そこで、編み出したのが、「ドリルでレスト」。ドリル自体は、骨を削るためのツールなので、ドリルがブレないために手のレストを考えるのですが、ドリルをレストにして、手がブレないようにしたらいいんじゃないかと思ったわけです。ん!?

実際には、この方法でうまくいくようになったのです!理屈に合わないのかもしれませんが、私の場合はうまくいくようになりました。大事なことは、ドリリングのスピードをゆっくり、ゆ〜くり行うこと。ドリルの歯が止まって見えるくらい、ゆ〜くりです。ぐるぐる早いスピードだと、ドリルを安定させないといけないので、手にレストが必要になります。ゆ〜くり回すことで、ドリルは安定し、骨に接したドリルをレストとして手が安定する、そんな感じです。

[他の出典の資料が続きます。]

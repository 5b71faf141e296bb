//! Function types.

ghost use Rattle.std.specs.Prelude.{◌≡◌};
ghost use Rattle.vf_walk.specs.Items.{type_declared, type_named, type_signed, WalksType, WalksTypeOf};
ghost use Rattle.vf_walk.specs.Walking.{Follows, Gives};

use crate::annotations::Annotations;
use crate::function::{clear, result_type, walk_contract};
use crate::names::is_new;
use crate::parameters::{signature, walk_parameters};
use std::alloc::Global;
use vf_base::{Rule, RuleFault};
use vf_declared::ctype::CType;
use vf_declared::declaration::Meaning;
use vf_declared::scope::Scope;
use vf_syntax::contract::Contract;
use vf_syntax::item::Signature;
use vf_syntax::written::Name;
use vf_typing::refused;

/// Declares a function type by its name.
#[tactic(auto, using(crate::proofs::Steps::out_of_memory))]
fn walk_type_name(alloc: Global, scope: &mut Scope, name: &Name) -> Result<(), RuleFault>
    ensures { Gives result scope.new (type_named name.now scope.old) }
{
    if !is_new(scope, name.text.as_bytes()) {
        return Err(RuleFault::Refused(refused(Rule::Name, name.place)));
    }
    let meaning = Meaning::FunctionType(scope.function_types.len());
    scope.declare_name(alloc, name.text.as_bytes(), meaning, name.place.file)?;
    Ok(())
}

/// Gives a function type the types of the locals.
#[tactic(auto, using(crate::proofs::Steps::out_of_memory))]
fn sign(alloc: Global, scope: &mut Scope, given: CType) -> Result<(), RuleFault>
    ensures { Gives result scope.new (type_signed given scope.old) }
{
    let signed = signature(alloc, scope, given)?;
    scope.function_types.push(signed)?;
    Ok(())
}

/// The name and the parameters of a function type that gives a type.
#[tactic(auto, using(crate::proofs::Steps::go, crate::proofs::Steps::stop))]
fn walk_declared(
    alloc: Global,
    scope: &mut Scope,
    signature: &Signature,
    given: CType,
) -> Result<(), RuleFault>
    ensures { Gives result scope.new (type_declared signature.now given scope.old) }
{
    walk_type_name(alloc, scope, &signature.name)?;
    walk_parameters(scope, &signature.parameters)?;
    sign(alloc, scope, given)
}

/// A function type that gives a type.
fn walk_giving<A: Annotations>(
    alloc: Global,
    scope: &mut Scope,
    annotations: &A,
    signature: &Signature,
    contract: &Option<Contract>,
    given: CType,
) -> Result<(), RuleFault>
    ensures { Follows (WalksTypeOf (A.meanings annotations.now) signature.now contract.now scope.old given) result scope.new }
{
    walk_declared(alloc, scope, signature, given)?;
    walk_contract(scope, annotations, signature, given, true, contract)?;
    clear(alloc, scope);
    Ok(())
}

/// A function type.
#[tactic(auto, using(crate::proofs::Steps::end_at))]
pub fn walk_function_type<A: Annotations>(
    alloc: Global,
    scope: &mut Scope,
    annotations: &A,
    signature: &Signature,
    contract: &Option<Contract>,
) -> Result<(), RuleFault>
    ensures { Follows (WalksType (A.meanings annotations.now) signature.now contract.now scope.old) result scope.new }
{
    let given = result_type(scope, &signature.result)?;
    walk_giving(alloc, scope, annotations, signature, contract, given)
}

結果的には、約4mmの正円の埋入窩を形成できるだけじゃなく、骨の硬さを診断できるスキルも身につき、そのおかげで、初期固定(インプラントが骨と固定される)が45Nのトルク値で埋入できる「即時荷重インプラント」(※またの機会にお伝えします)まで可能となりました。

研修医時代の手が震えるという欠点から、それを改善することで、多くの利点を得ることができ、それが患者さんのベネフィットに繋がるとは、当時は思いませんでしたが、よかったなと感じております。